Alice Cooper, Volume 1: Welcome To My Nightmare
Written by Joe Harris and Brandon Jerwa (issue 6)
Art by Eman Casallos and Nacho Tenorio (issue 6)
Colors by Aikau Oliva
Inks by Sergio Mora (issue 6)
Letters by Simon Bowland
Covers by David Mack
Release Date: August 19, 2015
Cover Price: $24.99
Metal heads rejoice! Alice Cooper Volume 1: Welcome To My Nightmare is now available as a graphic novel! Collecting the first six issues of the series, this comic is everything you would expect from Alice Cooper. From the over-the-top ideas to the humorous and the horrific, you won’t be disappointed. It looks like the stage presentation was adapted for sequential art, and then embellished a tad.

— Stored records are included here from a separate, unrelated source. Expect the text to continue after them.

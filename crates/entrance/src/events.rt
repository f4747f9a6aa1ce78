//! What an administrator is told.

use crate::peer::Peer;
use guests::Ending;
use std::alloc::{AllocError, Global};

/// What an administrator is told, beside what a session tells.
#[derive(Clone, Copy, Debug)]
pub enum Event {
    /// The session of this number begins, for a client at this address.
    Begins(u64, Peer),
    Ends(u64),
    /// The session of this number is ended because its client sends nothing.
    Ended(u64, Ending),
    /// As many sessions are open as may be, and this client is turned away.
    Full(Peer),
    /// The address of this client has as many sessions as it may have, and the client is turned away.
    AddressFull(Peer),
    /// A client is turned away because changes have come to a halt.
    TurnedAway(Peer),
    /// A replacement of a file has failed, and changes have come to a halt.
    StoreFailed,
    /// The file of users can be read by others than its owner and its group.
    UsersReadable,
    /// The file of users can be written by others than its owner and its group.
    UsersWritable,
    /// The clients of tunnels cannot come in.
    NoTunnel,
    /// So many files may be open at a time, and so many are needed, which are more.
    FewFiles(u64, u64),
}

/// Writes why a session is ended.
fn ending_text(alloc: Global, session: u64, ending: Ending) -> Result<String, AllocError> {
    match ending {
        Ending::NoLogin => format!(in alloc; "session {session} has not logged in"),
        Ending::Silent => format!(in alloc; "session {session} has sent nothing for an hour"),
        Ending::GivesPlace => {
            format!(in alloc; "session {session} gives its place to who waits")
        }
    }
}

/// Writes why a client is turned away.
fn refusal_text(alloc: Global, peer: Peer, why: &str) -> Result<String, AllocError> {
    format!(in alloc; "{peer} is turned away: {why}")
}

/// Writes a warning.
fn warning_text(alloc: Global, what: &str) -> Result<String, AllocError> {
    format!(in alloc; "warning: {what}")
}

/// Writes that too few files may be open.
fn few_files_text(alloc: Global, files: u64, needed: u64) -> Result<String, AllocError> {
    format!(in alloc; "warning: {files} files may be open at a time, and {needed} are needed")
}

impl Event {
    /// Writes what is told of it.
    pub(crate) fn text(self, alloc: Global) -> Result<String, AllocError> {
        match self {
            Event::Begins(number, peer) => {
                format!(in alloc; "session {number} begins, of {peer}")
            }
            Event::Ends(number) => format!(in alloc; "session {number} ends"),
            Event::Ended(number, ending) => ending_text(alloc, number, ending),
            Event::Full(peer) => refusal_text(alloc, peer, "all sessions are taken"),
            Event::AddressFull(peer) => {
                refusal_text(alloc, peer, "all sessions of its address are taken")
            }
            Event::TurnedAway(peer) => refusal_text(alloc, peer, "the store has failed"),
            Event::StoreFailed => {
                format!(in alloc; "the store has failed: no more changes are made")
            }
            Event::UsersReadable => warning_text(alloc, "others can read the file of users"),
            Event::UsersWritable => warning_text(alloc, "others can write the file of users"),
            Event::NoTunnel => {
                warning_text(
                    alloc,
                    "no socket is made in the folder, so tunnels do not reach the server",
                )
            }
            Event::FewFiles(files, needed) => few_files_text(alloc, files, needed),
        }
    }
}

The story time jumps a little, showing past and present intermittently, in order to further the plot. Alice, it seems, made some poor decisions in this version of his career. Those choices led him down the dark path of the damned. This volume explores what led Alice to this path, and how he seeks to break free of his hellion masters. Much like his album of the same name, this story involves the trials and tribulations of a young boy. This is possibly more than just a plot device for redemption, it might just be meant to mirror that iconic record in more than just title. Using the child as a pawn of sorts, different forces are at work to either free or enslave the rock star known as Alice Cooper.
If the tale was meant to scare, it missed. There was a lot of mirth to be found in the comic, to be sure. Some of it slightly humorous, much of it dark. But all of it was Alice Cooper worthy. If you haven’t seen his stage shows, then you are missing out, but this series is a pretty decent snapshot of what he strives to present while performing (especially since several panels show him on stage).
I’m not sure what inspired a change up in the creative team since I was truly taken with the writing of Joe Harris in the first five issues, but obviously there was a switch in issue six when Brandon Jerwa took over scripting for the series. The same thing happened with the art. Eman Casallos drew the first five, and Nacho Tenorio assumed the artistic helm starting with the sixth. The rest of the group stayed the same, other than Sergio Mora inking issue six. It’s my guess Eman handled it up until then. David Mack‘s covers are, as always is the case, superb. I love that I’m seeing his artwork on more and more covers across the different comic companies. But regardless of who comprised the group, all of the comics that make up this graphic novel are outstanding. So don’t let the changes deter you.
I would recommend this to any metal fan, horror fan, or anyone who is a fan of theatrics. The trademark pyrotechnics and abundance of snakes and macabre effects are there for the reading. I enjoyed it immensely and hope to see more in the future. My final word on it is to definitely go for it. You’ll have a blast!
I must also note the timing of this release. While there is no connection other than the one in my head, I keep humming “School’s Out,” Alice’s first true mega hit. See! Now you’re thinking about it, too! It’s a classic hard rock song; some might even say anthem. I’ll just leave you with that. You’re welcome.